Asycd AI Research (March 2026): Demos in Multi-Agent Orchestration and Bayesian Prompt Compression
The Asycd research lab officially launched the week of February 16th, initiating a high-intensity immersion into the current state-of-the-art in Generative AI.
We’ve titled this inaugural phase “The Collision.” The objective is straightforward: ingest the latest research, identify its breaking points, and build from the wreckage.
Week 1: Aggressive Intake & Intros
The first week served as a rapid-fire synthesis of the current landscape. The team conducted a deep-dive review of peer-reviewed papers, industry whitepapers, and the internal Asycd knowledge base.
EXAMPLE: Saksham— Distributed State Consistency & Cost-Aware Orchestration for Multi-Agent Systems.
Saksham’s review established the theoretical backbone for AetherFlow, bridging neurobiology and distributed systems to solve “Agentic Entropy” (context bloat and high inference costs).
The “Methylation Gate” (Epigenetic AI): Inspired by DNA methylation, Saksham researched mathematical thresholds to silence “noisy” events, preventing agents from collapsing under context bloat.
Synaptic Pruning & The “Janitor Agent”: Using the brain’s method of removing unused connections as a blueprint for an asynchronous SLM (Small Language Model) that cleanses and compresses causal logs.
Ebbinghaus’s Memory Decay: Applied psychological “forgetting curves” to create a temporal decay parameter, ensuring agents prioritize recent episodic weight while consolidating long-term resonance.
Causal Ordering & Logical Clocks: Implementing Lamport’s Clocks to solve race conditions in multi-agent environments, ensuring memory remains chronologically consistent.
The Saga Pattern & Rollbacks: Mapping microservice transaction protocols to LLM workflows, allowing the system to “un-learn” or roll back states if an agent hallucination is detected.
Economic Cascading (FinOps): Researching dynamic routing to shift 70% of cognitive load to “Tier 0” heuristics and SLMs, reserving frontier models only for high-ambiguity decisions.

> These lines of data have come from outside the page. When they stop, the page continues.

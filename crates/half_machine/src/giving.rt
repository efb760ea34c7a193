//! How a half hands out what its message has become.

ghost use Rattle.std.specs.Prelude.{◌≡◌, ◌≤◌, ◌<◌, List, ℕ, [], take, length, IfOk, IfErr, unwrap_or};
ghost use Rattle.http_model.specs.declared.types.Out.TheVariants as part;
ghost use Rattle.filter_model.specs.Half.{Past, Gave, MayGive, after_step, becomes, progress};
ghost use Rattle.half_machine.specs.Giving.{out_size, hand_size, out_given, hand_given, head_given, body_done_in, trailers_done_in, behind_of, part_behind, given_behind, has_ended};
ghost use Rattle.half_machine.specs.Stands.{StandsFor};

use crate::due::{body_due, trailers_due};
use crate::half::Half;
use http_model::{Framing, Out};
use pb_wire::{Blob, Duplicate};
use std::alloc::AllocError;

/// What goes behind all of the body.
#[derive(Clone, Copy)]
pub enum Behind {
    /// Nothing by now.
    Nothing,
    Trailers,
    End,
}

impl Half {
    /// The next part of what the message has become: its head, a piece of its body, which is an answered piece or from
    /// 1 to `max` bytes that pass, its trailers, or its end.
    pub fn next_out(&mut self, max: u32) -> Result<Out, AllocError>
        requires { 1 ≤ max }
        ensures gives { (p : Past) → StandsFor p self.old →
            IfOk result (λ out. MayGive max (becomes p) (progress p).taken out) }
        ensures stands { (p : Past) → StandsFor p self.old →
            IfOk result (λ out. StandsFor (after_step (Gave out) p) self.new) }
        ensures still { IfOk result (λ out. out ≡ part.Nothing → self.new ≡ self.old) }
        ensures kept { IfErr result (λ e. self.new ≡ self.old) }
    {
        let Some(framing) = self.gone.framing else {
            return Ok(Out::Nothing);
        };
        if !self.gone.head {
            let out = self.give_head(framing)?;
            return Ok(out);
        }
        let n = self.out_size(max);
        if n > 0 {
            let bytes = self.give_out(n)?;
            return Ok(Out::Data(bytes));
        }
        let n = self.hand_size(max);
        if n > 0 {
            let bytes = self.give_hand(n)?;
            return Ok(Out::Data(bytes));
        }
        let out = self.give_behind()?;
        Ok(out)
    }

    fn give_head(&mut self, framing: Framing) -> Result<Out, AllocError>
        ensures gives { IfOk result (λ out. out ≡ part.Head (unwrap_or self.old.head []) framing) }
        ensures left { IfOk result (λ out. self.new ≡ head_given self.old) }
        ensures kept { IfErr result (λ e. self.new ≡ self.old) }
    {
        let fields = self.head_or_none()?;
        self.gone.head = true;
        Ok(Out::Head(fields, framing))
    }

    // How many of the bytes that go out are handed out next.
    fn out_size(&self, max: u32) -> u32
        ensures { result ≡ out_size max self.now }
    {
        let most = self.pieces.first().unwrap_or(max);
        most.min(self.hold.out_len())
    }

    // How many of the bytes at hand are handed out next, where none goes out.
    fn hand_size(&self, max: u32) -> u32
        ensures { result ≡ hand_size max self.now }
    {
        if !self.passes() {
            return 0;
        }
        max.min(self.hold.at_hand())
    }

    fn give_out(&mut self, n: u32) -> Result<Blob, AllocError>
        requires { n ≤ length self.old.hold.out }
        ensures gives { IfOk result (λ bytes. bytes ≡ take n self.old.hold.out) }
        ensures left { IfOk result (λ bytes. self.new ≡ out_given n self.old) }
        ensures kept { IfErr result (λ e. self.new ≡ self.old) }
    {
        let (front, _) = self.hold.out_front().split_at(n as usize);
        let bytes = Blob::of(self.alloc, front)?;
        self.hold.out_drop(n);
        self.pieces.drop_first();
        self.counts.waiting = self.counts.waiting.saturating_add(u64::from(n));
        Ok(bytes)
    }

    fn give_hand(&mut self, n: u32) -> Result<Blob, AllocError>
        requires { n ≤ length self.old.hold.hand }
        ensures gives { IfOk result (λ bytes. bytes ≡ take n self.old.hold.hand) }
        ensures left { IfOk result (λ bytes. self.new ≡ hand_given n self.old) }
        ensures kept { IfErr result (λ e. self.new ≡ self.old) }
    {
        let (front, _) = self.hold.hand_front().split_at(n as usize);
        let bytes = Blob::of(self.alloc, front)?;
        self.hold.hand_drop(n);
        self.counts.waiting = self.counts.waiting.saturating_add(u64::from(n));
        Ok(bytes)
    }

    // All of the body was read, and no piece of it is asked or still to be asked.
    fn is_body_done(&self) -> bool
        ensures { result ≡ body_done_in self.now }
    {
        let at_hand = self.hold.at_hand();
        self.arrived.whole
            && (self.rule.released
                || (!self.marks.has_body()
                    && (self.rule.stopped
                        || body_due(
                            &self.arrived,
                            &self.rule,
                            &self.asked,
                            self.limit,
                            at_hand,
                        ).is_none())))
    }

    // The ask of the trailers was answered, or none is due.
    fn are_trailers_done(&self) -> bool
        ensures { result ≡ trailers_done_in self.now }
    {
        self.rule.released
            || (self.asked.trailers && !self.marks.has_trailers())
            || (self.marks.len() == 0
                && (self.rule.stopped
                    || trailers_due(&self.arrived, &self.rule, &self.asked).is_none()))
    }

    fn behind(&self) -> Behind
        ensures { result ≡ behind_of self.now }
    {
        if !self.rule.replaced {
            if !self.is_body_done() {
                return Behind::Nothing;
            }
            if self.arrived.trailers {
                if !self.are_trailers_done() {
                    return Behind::Nothing;
                }
                if !self.gone.trailers {
                    return Behind::Trailers;
                }
            }
        }
        if self.gone.ended {
            return Behind::Nothing;
        }
        Behind::End
    }

    // What the message becomes has ended.
    pub(crate) fn has_ended(&self) -> bool
        ensures { result ≡ has_ended self.now }
    {
        self.rule.replaced
            || (self.is_body_done() && (!self.arrived.trailers || self.are_trailers_done()))
    }

    fn give_behind(&mut self) -> Result<Out, AllocError>
        ensures gives { IfOk result (λ out. out ≡ part_behind self.old.trailers (behind_of self.old)) }
        ensures left { IfOk result (λ out. self.new ≡ given_behind (behind_of self.old) self.old) }
        ensures kept { IfErr result (λ e. self.new ≡ self.old) }
    {
        match self.behind() {
            Behind::Nothing => Ok(Out::Nothing),
            Behind::Trailers => {
                let fields = self.trailers.copy()?;
                self.gone.trailers = true;
                Ok(Out::Trailers(fields))
            }
            Behind::End => {
                self.gone.ended = true;
                Ok(Out::End)
            }
        }
    }
}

This review bridges neurobiology, psychology, and distributed systems to address “Agentic Entropy” (context bloat, race conditions, and cost inefficiency in multi-agent systems) — Saksham
Week 2: The “Crappy First Draft”
In Week 2, we moved into the V0 Phase — internally known as the “Crappy First Draft” week. Here, the priority shifts from perfect theory to raw execution. Every researcher was tasked with producing a functional script, notebook, or prompt chain. The goal isn’t polished output; it’s a system that runs so we can find out why it fails.

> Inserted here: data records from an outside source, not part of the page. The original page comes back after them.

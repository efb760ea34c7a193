//! The rule of a table, and what each kind of atomic step tells. These types are for the proofs alone.

use crate::turned::Turned;
use crate::view::{Counted, SeatView};
use atomic_table::{Join, Play, Split, TableRule};
use std::marker::{Brand, PhantomData};

/// What holds between any two steps.
pub struct TurnRule<T> {
    of: PhantomData<T>,
}

impl<T: Turned> TableRule<Option<Counted<T>>, SeatView<T::Call, T::Reply>, ()> for TurnRule<T> {
    ghost use Rattle.turn_lock.specs.Rule.{OneHistory};
    ghost use Rattle.turn_lock.specs.Views.{first_view};

    ghost holds = { λ _. OneHistory T.stands };

    ghost first = { λ _. first_view };
}

/// The turn word becomes 1 where it was 0, and the value leaves its slot; or it was 1.
pub struct TakeTurn<T> {
    of: PhantomData<T>,
}

impl<T: Turned> Play<Option<Counted<T>>, SeatView<T::Call, T::Reply>> for TakeTurn<T> {
    ghost use Rattle.turn_lock.specs.Steps.{turn_taken};

    ghost then = { turn_taken T.stands };
}

/// A value that a step names: its call, or its reply.
pub trait Said<X> {
    ghost use Rattle.std.specs.Prelude.{Option};

    ghost said: { Option X };
}

impl<X> Said<X> for Brand {
    ghost use Rattle.std.specs.Prelude.{None};

    ghost said = { None };
}

/// The count goes up by one: the history has one entry more, of this call and this reply.
pub struct AddEntry<T, C, R> {
    of: PhantomData<(T, C, R)>,
}

impl<T: Turned, C: Said<T::Call>, R: Said<T::Reply>> Play<
    Option<Counted<T>>,
    SeatView<T::Call, T::Reply>,
> for AddEntry<T, C, R> {
    ghost use Rattle.turn_lock.specs.Steps.{entry_added};

    ghost then = { entry_added T.stands C.said R.said };
}

/// The value is back in its slot, and the turn word becomes 0.
pub struct FreeTurn<T> {
    of: PhantomData<T>,
}

impl<T: Turned> Play<Option<Counted<T>>, SeatView<T::Call, T::Reply>> for FreeTurn<T> {
    ghost use Rattle.turn_lock.specs.Steps.{turn_freed};

    ghost then = { turn_freed T.stands };
}

/// The same where no call more can be counted, which the seat notes.
pub struct FreeSpentTurn<T> {
    of: PhantomData<T>,
}

impl<T: Turned> Play<Option<Counted<T>>, SeatView<T::Call, T::Reply>> for FreeSpentTurn<T> {
    ghost use Rattle.turn_lock.specs.Steps.{spent_turn_freed};

    ghost then = { spent_turn_freed T.stands };
}

/// A new seat has a copy of a seat's view.
pub struct SplitView<T> {
    of: PhantomData<T>,
}

impl<T: Turned> Split<SeatView<T::Call, T::Reply>> for SplitView<T> {
    ghost use Rattle.turn_lock.specs.Views.{after_split, split_off};

    ghost left = { after_split };

    ghost right = { split_off };
}

/// A load of the count, by which a new seat learns its number.
pub struct LearnNumber<T> {
    of: PhantomData<T>,
}

impl<T: Turned> Play<Option<Counted<T>>, SeatView<T::Call, T::Reply>> for LearnNumber<T> {
    ghost use Rattle.turn_lock.specs.Steps.{number_learned};

    ghost then = { number_learned T.stands };
}

/// A seat takes in another's view, and the other is spent.
pub struct JoinViews<T> {
    of: PhantomData<T>,
}

impl<T: Turned> Join<SeatView<T::Call, T::Reply>> for JoinViews<T> {
    ghost use Rattle.turn_lock.specs.Views.{joined_view, spent_view};

    ghost both = { joined_view };

    ghost spent = { spent_view };
}

/// A load of the count, by which a seat learns which front is the longer: its own, or the one that it took in.
pub struct CompareFronts<T> {
    of: PhantomData<T>,
}

impl<T: Turned> Play<Option<Counted<T>>, SeatView<T::Call, T::Reply>> for CompareFronts<T> {
    ghost use Rattle.turn_lock.specs.Steps.{fronts_compared};

    ghost then = { fronts_compared T.stands };
}

/// A load of the count, which the seat notes.
pub struct NoteLength<T> {
    of: PhantomData<T>,
}

impl<T: Turned> Play<Option<Counted<T>>, SeatView<T::Call, T::Reply>> for NoteLength<T> {
    ghost use Rattle.turn_lock.specs.Steps.{length_noted};

    ghost then = { length_noted T.stands };
}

Featured Demos & “V0 Bums”
Bayesian Prompt Compression (Joel): Joel demonstrated Structural Pattern Discovery, using a Gaussian process to systematically compress prompts while maintaining performance levels.
The Result: Initial V0 testing achieved a 10% reduction in tokens on sample prompts.
Next Steps: Scaling tests across diverse prompt libraries with a specific focus on high-accuracy classification tasks.
AetherFlow: Distributed State Consistency (Saksham Kapoor): Saksham presented a demo for cost-aware orchestration in multi-agent systems.
The Innovation: AetherFlow categorizes agent traces into three tiers: Expressed, Methylated, and Auditable memory.
The Result: This architecture significantly reduces hallucination spread by preserving a clear causal history across the agent network.
Identifying where these early systems fail — and explaining those failures through the lens of Week 1’s research — is exactly what sets the stage for our next phase.
What’s Next: Phase 2 — “Pivot & Patch”
As we enter Week 3, the lab transitions into the Iteration Phase. Our researchers will now use their V0 failure data to refine their architectures. Expect to see aggressive pivots in model selection, new approaches to vector retrieval, and the integration of advanced reasoning loops.